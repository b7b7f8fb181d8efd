// The kinds of queue that are compared.
ghost use Rattle.std.specs.Prelude.{◌≡◌, length, map, replicate, vec_len, IfOk};
ghost use Rattle.std.specs.List.{All};
ghost use Rattle.subject.specs.Queues.{NoneWaits};
ghost use Rattle.queue_cases.specs.Answers.{AreNewAnswers};
ghost use Rattle.queue_cases.specs.Kinds.{kind_of, waits_in, rows_in, lenders_of, IsInItsOrder};

use crate::answer::{Answer, ask_all};
use crate::call::Line;
use std::alloc::{AllocError, Global};
use subject::money::Money;
use subject::queue::PriorityQueue;
use subject::refusal::Refusal;
use tree_queue::heap::Heap;
use tree_queue::ordered_row::OrderedRow;
use tree_queue::row::QueueRow;

/// A kind of queue.
#[derive(Clone, Copy)]
pub enum Kind {
    Heap,
    OrderedRow,
}

/// All kinds. The answers of the first are those that the others are compared with.
pub const KINDS: [Kind; 2] = [Kind::Heap, Kind::OrderedRow];

/// What print calls a queue of each kind together.
pub const ALL_QUEUES: &str = "both queues";

/// A queue of one of the kinds, over lent rows.
#[derive(Drop)]
pub enum AnyQueue<'a> {
    Heap(Heap<'a, Money>),
    OrderedRow(OrderedRow<'a, Money>),
}

impl PriorityQueue for AnyQueue<'_> {
    type Charge = Money;

    ghost waits = { waits_in };

    ghost is_ordered = { IsInItsOrder };

    ghost rows = { rows_in };

    ghost lenders = { lenders_of };

    fn rows(&self) -> usize {
        match self {
            AnyQueue::Heap(queue) => queue.rows(),
            AnyQueue::OrderedRow(queue) => queue.rows(),
        }
    }

    fn clear(&mut self) {
        match self {
            AnyQueue::Heap(queue) => queue.clear(),
            AnyQueue::OrderedRow(queue) => queue.clear(),
        }
    }

    fn put(&mut self, cell: usize, charge: Money) -> Result<(), Refusal> {
        match self {
            AnyQueue::Heap(queue) => queue.put(cell, charge),
            AnyQueue::OrderedRow(queue) => queue.put(cell, charge),
        }
    }

    fn take(&mut self) -> Option<(usize, Money)> {
        match self {
            AnyQueue::Heap(queue) => queue.take(),
            AnyQueue::OrderedRow(queue) => queue.take(),
        }
    }
}

impl Kind {
    /// A queue of this kind over the rows, in which no cell waits, whatever the rows held.
    pub fn over<'a>(self, rows: &'a mut [QueueRow<Money>]) -> AnyQueue<'a>
        ensures kind { kind_of result ≡ self }
        ensures ordered { IsInItsOrder result }
        ensures rows { rows_in result ≡ length rows.old }
        ensures empty { NoneWaits (waits_in result) }
    {
        match self {
            Kind::Heap => AnyQueue::Heap(Heap::over(rows)),
            Kind::OrderedRow => AnyQueue::OrderedRow(OrderedRow::over(rows)),
        }
    }

    /// What a queue of this kind answers to the lines, over rows that hold whatever was there before.
    pub fn answers(
        self,
        alloc: Global,
        row_count: usize,
        lines: &[Line],
    ) -> Result<Vec<Option<Answer>>, AllocError>
        ensures { IfOk result (λ v. AreNewAnswers row_count lines.now v.items) }
    {
        let mut rows = used_rows(alloc, row_count)?;
        ask_all(alloc, self.over(&mut rows), lines)
    }
}

// So many rows that hold whatever was there before.
fn used_rows(alloc: Global, row_count: usize) -> Result<Vec<QueueRow<Money>>, AllocError>
    ensures { IfOk result (λ rows. vec_len rows ≡ row_count) }
{
    let used = QueueRow {
        charge: Money { cents: 0 },
        cell: 7,
        position: 3,
    };
    vec![in alloc; used; row_count]
}

/// So many rows for a queue of each kind, that hold whatever was there before.
pub fn rows_of_kinds(
    alloc: Global,
    row_count: usize,
) -> Result<Vec<Vec<QueueRow<Money>>>, AllocError>
    ensures { IfOk result (λ v. map vec_len v.items ≡ replicate (length KINDS) row_count) }
{
    let mut rows_of_kinds = Vec::new(alloc);
    for _kind in KINDS {
        rows_of_kinds.push(used_rows(alloc, row_count)?)?;
    }
    Ok(rows_of_kinds)
}

/// A queue of each kind, over the rows at its place in the list of kinds. No cell waits, whatever the rows held.
pub fn queues_over<'a>(
    alloc: Global,
    rows_of_kinds: &'a mut [Vec<QueueRow<Money>>],
) -> Result<Vec<AnyQueue<'a>>, AllocError>
    requires { length rows_of_kinds.old ≡ length KINDS }
    ensures kinds { IfOk result (λ v. map kind_of v.items ≡ KINDS) }
    ensures ordered { IfOk result (λ v. All IsInItsOrder v.items) }
    ensures rows { IfOk result (λ v. map rows_in v.items ≡ map vec_len rows_of_kinds.old) }
    ensures empty { IfOk result (λ v. All (λ q. NoneWaits (waits_in q)) v.items) }
{
    let mut queues = Vec::new(alloc);
    for (i, rows) in rows_of_kinds.iter_mut().enumerate() {
        queues.push(KINDS[i].over(rows))?;
    }
    Ok(queues)
}
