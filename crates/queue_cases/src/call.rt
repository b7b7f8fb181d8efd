// The lines of the text: each one call, or one that cannot be read.
use std::alloc::{AllocError, Global};

/// A call of a queue.
#[derive(Clone, Copy)]
pub enum Call {
    /// start over with that many rows
    Rows(usize),
    /// put a cell with that many cents
    Put(usize, u64),
    /// take a lowest
    Take,
    /// let no cell wait
    Empty,
}

/// A line by its number, which begins at 1, and the call on it, or none where it cannot be read.
#[derive(Clone, Copy)]
pub struct Line {
    pub number: u64,
    pub call: Option<Call>,
}

impl Line {
    /// Whether the line starts over with other rows.
    pub fn starts_block(&self) -> bool {
        matches!(self.call, Some(Call::Rows(_)))
    }
}

// The call on a line: a word and its numbers, and nothing behind them.
fn read_call(text: &str) -> Option<Call> {
    let mut words = text.split_whitespace();
    let name = words.next()?;
    let call = match name {
        "rows" => Call::Rows(words.next()?.parse::<usize>().ok()?),
        "put" => {
            let cell = words.next()?.parse::<usize>().ok()?;
            let cents = words.next()?.parse::<u64>().ok()?;
            Call::Put(cell, cents)
        }
        "take" => Call::Take,
        "empty" => Call::Empty,
        _ => return None,
    };
    if words.next().is_some() {
        return None;
    }
    Some(call)
}

/// All lines, numbered.
pub fn read_lines(alloc: Global, text: &str) -> Result<Vec<Line>, AllocError> {
    text.lines()
        .zip(1..)
        .map(|(line, number)| Line {
            number,
            call: read_call(line),
        })
        .collect(alloc)
}
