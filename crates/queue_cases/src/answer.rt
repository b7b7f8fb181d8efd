// Calls on any queue for money, and its answers.
ghost use Rattle.std.specs.Prelude.{◌≡◌, length, IfOk};
ghost use Rattle.std.specs.List.{All};
ghost use Rattle.queue_cases.specs.Answers.{IsAnswer, IsLineAnswerOn, HaveAnswered, AreAnswersOf};

use crate::call::{Call, Line};
use std::alloc::{AllocError, Global};
use std::fmt;
use subject::money::Money;
use subject::queue::PriorityQueue;
use subject::refusal::Refusal;

/// What a queue answers to a call.
#[derive(Clone, Copy, PartialEq, Eq)]
pub enum Answer {
    /// how many rows there are
    Rows(usize),
    /// the cell waits, or the call is refused, and nothing has changed
    Put(Result<(), Refusal>),
    /// a charge that means so many cents was taken, or no cell waits
    Took(Option<u64>),
    /// now no cell waits
    Emptied,
}

impl fmt::Display for Answer {
    fn fmt<W: fmt::Write>(&self, f: &mut fmt::Formatter<W>) -> fmt::Result {
        match *self {
            Answer::Rows(count) => write!(f, "ROWS {count}"),
            Answer::Put(Ok(())) => write!(f, "PUT"),
            Answer::Put(Err(refusal)) => write!(f, "REFUSED {refusal}"),
            Answer::Took(Some(cents)) => write!(f, "TOOK {cents}"),
            Answer::Took(None) => write!(f, "NONE"),
            Answer::Emptied => write!(f, "EMPTIED"),
        }
    }
}

/// The answer of a queue to a call. Asked for rows, it only says how many it has.
pub fn ask<Q: PriorityQueue<Charge = Money>>(queue: &mut Q, call: Call) -> Answer
    requires { Q.PriorityQueue.is_ordered queue.old }
    ensures ordered { Q.PriorityQueue.is_ordered queue.new }
    ensures rows { Q.PriorityQueue.rows queue.new ≡ Q.PriorityQueue.rows queue.old }
    ensures answer { IsAnswer Q.PriorityQueue queue.old queue.new call result }
{
    match call {
        Call::Rows(_) => Answer::Rows(Q::rows(queue)),
        Call::Put(cell, cents) => Answer::Put(queue.put(cell, Money { cents })),
        Call::Take => Answer::Took(queue.take().map(|(_, charge)| charge.amount())),
        Call::Empty => {
            queue.clear();
            Answer::Emptied
        }
    }
}

// The answer of a queue to the call on a line, or none where there is no call.
fn ask_line<Q: PriorityQueue<Charge = Money>>(queue: &mut Q, line: &Line) -> Option<Answer>
    requires { Q.PriorityQueue.is_ordered queue.old }
    ensures ordered { Q.PriorityQueue.is_ordered queue.new }
    ensures rows { Q.PriorityQueue.rows queue.new ≡ Q.PriorityQueue.rows queue.old }
    ensures answer { IsLineAnswerOn Q.PriorityQueue queue.old queue.new line.now result }
{
    Some(ask(queue, line.call?))
}

/// The answer of each queue to the call on a line, in place of what `answers` held; none where there is no call.
pub fn ask_each<Q: PriorityQueue<Charge = Money>>(
    queues: &mut [Q],
    line: &Line,
    answers: &mut [Option<Answer>],
)
    requires ordered { All Q.PriorityQueue.is_ordered queues.old }
    requires as_many { length answers.old ≡ length queues.old }
    ensures ordered { All Q.PriorityQueue.is_ordered queues.new }
    ensures answered { HaveAnswered Q.PriorityQueue line.now queues.old queues.new answers.new }
{
    for (i, queue) in queues.iter_mut().enumerate() {
        answers[i] = ask_line(queue, line);
    }
}

/// The answers of a queue to the lines in turn, none for a line that has no call.
pub fn ask_all<Q: PriorityQueue<Charge = Money> + Drop>(
    alloc: Global,
    mut queue: Q,
    lines: &[Line],
) -> Result<Vec<Option<Answer>>, AllocError>
    requires { Q.PriorityQueue.is_ordered queue }
    ensures { IfOk result (λ v. AreAnswersOf Q.PriorityQueue queue lines.now v.items) }
{
    let mut answers = Vec::new(alloc);
    for line in lines {
        answers.push(ask_line(&mut queue, line))?;
    }
    Ok(answers)
}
+++
*PROBLEM STATEMENT*:
Return, word for word, the line containing "for line in" and all lines after it through the last line of the records, and nothing else.

*ANSWER BOX*:
    for line in lines {
        answers.push(ask_line(&mut queue, line))?;
    }
    Ok(answers)
}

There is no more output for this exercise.